主仆二人一个唱白脸一个唱红脸,将“病重乱投医”的戏码演得十足。
李嬷嬷沉默地听着,脸上的表情依旧看不出喜怒,但那双锐利的眼睛始终没有离开苏妙。
她掂量了一下手中那块粗糙的肥皂,又看了看苏妙那“惨不忍睹”的手腕和凄惶无助的样子,再联想到下午郎中确诊小丫只是“异物过敏”而非瘟病,以及三小姐生母早逝、在府中如履薄冰的处境……
半晌,她终于缓缓开口,声音依旧平稳,却少了几分之前的压迫感:“三小姐,你病中不适,胡思乱想,情有可原。但府有府规,禁足期间私自弄这些污秽之物,还累及他人,终究是不该。”
苏妙心中稍定,知道最坏的关头可能过去了,连忙低头认错:“是……妙儿知错了……再也不敢了……请嬷嬷责罚……”
“责罚?”李嬷嬷哼了一声,“你如今这般光景,老奴又如何责罚?若是再罚重了,倒显得府里不容人了。”

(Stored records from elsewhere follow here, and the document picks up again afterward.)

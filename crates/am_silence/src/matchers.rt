//! The matchers of a silence.

ghost use Rattle.std.specs.Prelude.{◌≡◌, ◌==◌, [], ◌∷◌, ◌++◌, length, map, None, OnOk, OnErr, IfOk, IfErr};
ghost use Rattle.am_wire.specs.Fields.{field_of};
ghost use Rattle.am_wire.specs.Reading.{FailsUnlessMemory, message_in, item_fault};
ghost use Rattle.am_wire.specs.Writing.{writes_delimited};
ghost use Rattle.am_silence.specs.Matchers.{matcher, matcher_value, matcher_tests, writes_matcher, IsMatcher};

use crate::iter::{HasMatchers, MatcherIter};
use crate::matcher::{Matcher, MatcherDraft, MatcherRef};
use am_wire::reading::read_message;
use am_wire::writing::{delimited_size, write_prefix};
use am_wire::{Field, Value, WireError};
use std::alloc::{AllocError, Global};
use std::marker::Model;

/// The matchers of a silence, in their order. Contracts see the list.
///
/// They are stored as their canonical encoding.
pub struct Matchers {
    text: Vec<u8>,
}

// With this the crates above cite one drop, and don't prove those of everything inside.
impl Drop for Matchers {
    fn drop(self) {
        let Matchers { text: _ } = self;
    }
}

impl Model for Matchers {
    ghost use Rattle.std.specs.Prelude.{List};
    ghost use Rattle.am_silence.specs.declared.matcher.Matcher.{Matcher};
    ghost use Rattle.am_silence.specs.MatcherTexts.{matchers_in, IsMatchersText};

    ghost Value = { List Matcher };

    ghost view = { λ m. matchers_in m.text.items };

    ghost invariant = { λ m. IsMatchersText m.text.items };
}

impl Matchers {
    /// Returns no matchers, without allocating.
    pub fn none(alloc: Global) -> Matchers
        ensures { result ≡ [] }
    {
        Matchers {
            text: Vec::new(alloc),
        }
    }

    /// Copies these matchers.
    ///
    /// # Errors
    ///
    /// [`AllocError`] if memory runs out.
    pub fn new(alloc: Global, matchers: &[Matcher]) -> Result<Matchers, AllocError>
        ensures { IfOk result (λ copies. copies ≡ matchers.now) }
    {
        let mut copies = Matchers::none(alloc);
        for matcher in matchers {
            copies.push(alloc, &matcher.borrowed())?;
        }
        Ok(copies)
    }

    /// Returns whether there are no matchers.
    pub fn is_empty(&self) -> bool
        ensures { result ≡ (length self.now == 0) }
    {
        self.text.is_empty()
    }

    /// Returns an iterator over the matchers. Nothing is allocated.
    pub fn iter(&self) -> MatcherIter<'_>
        ensures { result ≡ self.now }
    {
        MatcherIter::over(self.text.as_slice())
    }

    /// Appends a copy of a matcher.
    ///
    /// # Errors
    ///
    /// [`AllocError`] if memory runs out. The matchers are unchanged then.
    pub fn push(&mut self, alloc: Global, matcher: &MatcherRef<'_>) -> Result<(), AllocError>
        ensures pushed { OnOk result (self.new ≡ self.old ++ matcher.now ∷ []) }
        ensures unchanged { OnErr result (self.new ≡ self.old) }
    {
        let field = field_text(alloc, matcher)?;
        self.text.extend_from_slice(field.as_slice())?;
        Ok(())
    }

    /// Reads the matcher in a field, and appends it.
    ///
    /// # Errors
    ///
    /// The first fault in the matcher, or [`WireError::Memory`].
    pub(crate) fn take(&mut self, alloc: Global, field: Field<'_>) -> Result<(), WireError>
        ensures held { OnOk result (self.new ≡ self.old ++ map matcher_value (message_in matcher (field_of field.entry))) }
        ensures clean { OnOk result (item_fault matcher matcher_tests (field_of field.entry) ≡ None) }
        ensures fault { IfErr result (λ e. FailsUnlessMemory e (item_fault matcher matcher_tests (field_of field.entry))) }
    {
        if let Value::Bytes(bytes) = field.value {
            let matcher = read_message::<MatcherDraft>(alloc, bytes, field.inside, field.at)?;
            self.push(alloc, &matcher)?;
        }
        Ok(())
    }

    /// Frees the memory that isn't needed.
    pub(crate) fn shrink_to_fit(&mut self)
        ensures { self.new ≡ self.old }
    {
        self.text.shrink_to_fit();
    }

    /// Returns a copy.
    ///
    /// # Errors
    ///
    /// [`AllocError`] if memory runs out.
    pub fn try_clone(&self, alloc: Global) -> Result<Matchers, AllocError>
        ensures { IfOk result (λ copy. copy ≡ self.now) }
    {
        Ok(Matchers {
            text: Vec::from_slice(alloc, self.text.as_slice())?,
        })
    }
}

impl HasMatchers for Matchers {
    ghost listed = { λ matchers. matchers };

    fn lent(&self) -> MatcherIter<'_> {
        self.iter()
    }
}

// Returns a matcher as a field of its silence, with exactly the memory that this needs.
fn field_text(alloc: Global, matcher: &MatcherRef<'_>) -> Result<Vec<u8>, AllocError>
    ensures written { IfOk result (λ text. text.items ≡ writes_delimited 2 (writes_matcher matcher.now)) }
    ensures value { OnOk result (IsMatcher matcher.now) }
{
    let size = matcher.size();
    let mut text = Vec::with_capacity(alloc, delimited_size(2, size) as usize)?;
    write_prefix(&mut text, 2, size)?;
    matcher.write(&mut text)?;
    Ok(text)
}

她话锋一转:“那小丫的事,郎中已开了方子,说是歇两日便好。此事就此作罢,以后休要再提。”
苏妙和小桃同时松了一口气。
“至于这个——”李嬷嬷又将那肥皂拿起看了看,眼神里闪过一丝难以察觉的探究,“倒是有些歪心思。但终究是上不得台面的东西,以后莫要再弄了,没得惹人笑话,再出了岔子,谁也保不住你。”
“是是是,不敢了,再也不敢了。”苏妙连连保证。
李嬷嬷似乎满意了她的态度,将那块肥皂随手放在了门口的矮凳上,仿佛那是什么脏东西不再想碰。
“你好生养着吧,缺什么短什么,让小桃去回话,莫要再自己瞎折腾。”李嬷嬷最后交代了一句,语气带着一丝不易察觉的告诫,然后转身离开了。
院门被轻轻带上。
屋里,苏妙和小桃对视一眼,都有种劫后余生的虚脱感。
危机暂时解除。
苏妙瘫坐在床上,后背惊出了一层冷汗。和李嬷嬷这番交锋,简直比连开三天项目会还累。
小桃爬起来,心有余悸地将那块“惹祸”的肥皂捡回来,小声问:“小姐,这个……怎么办?”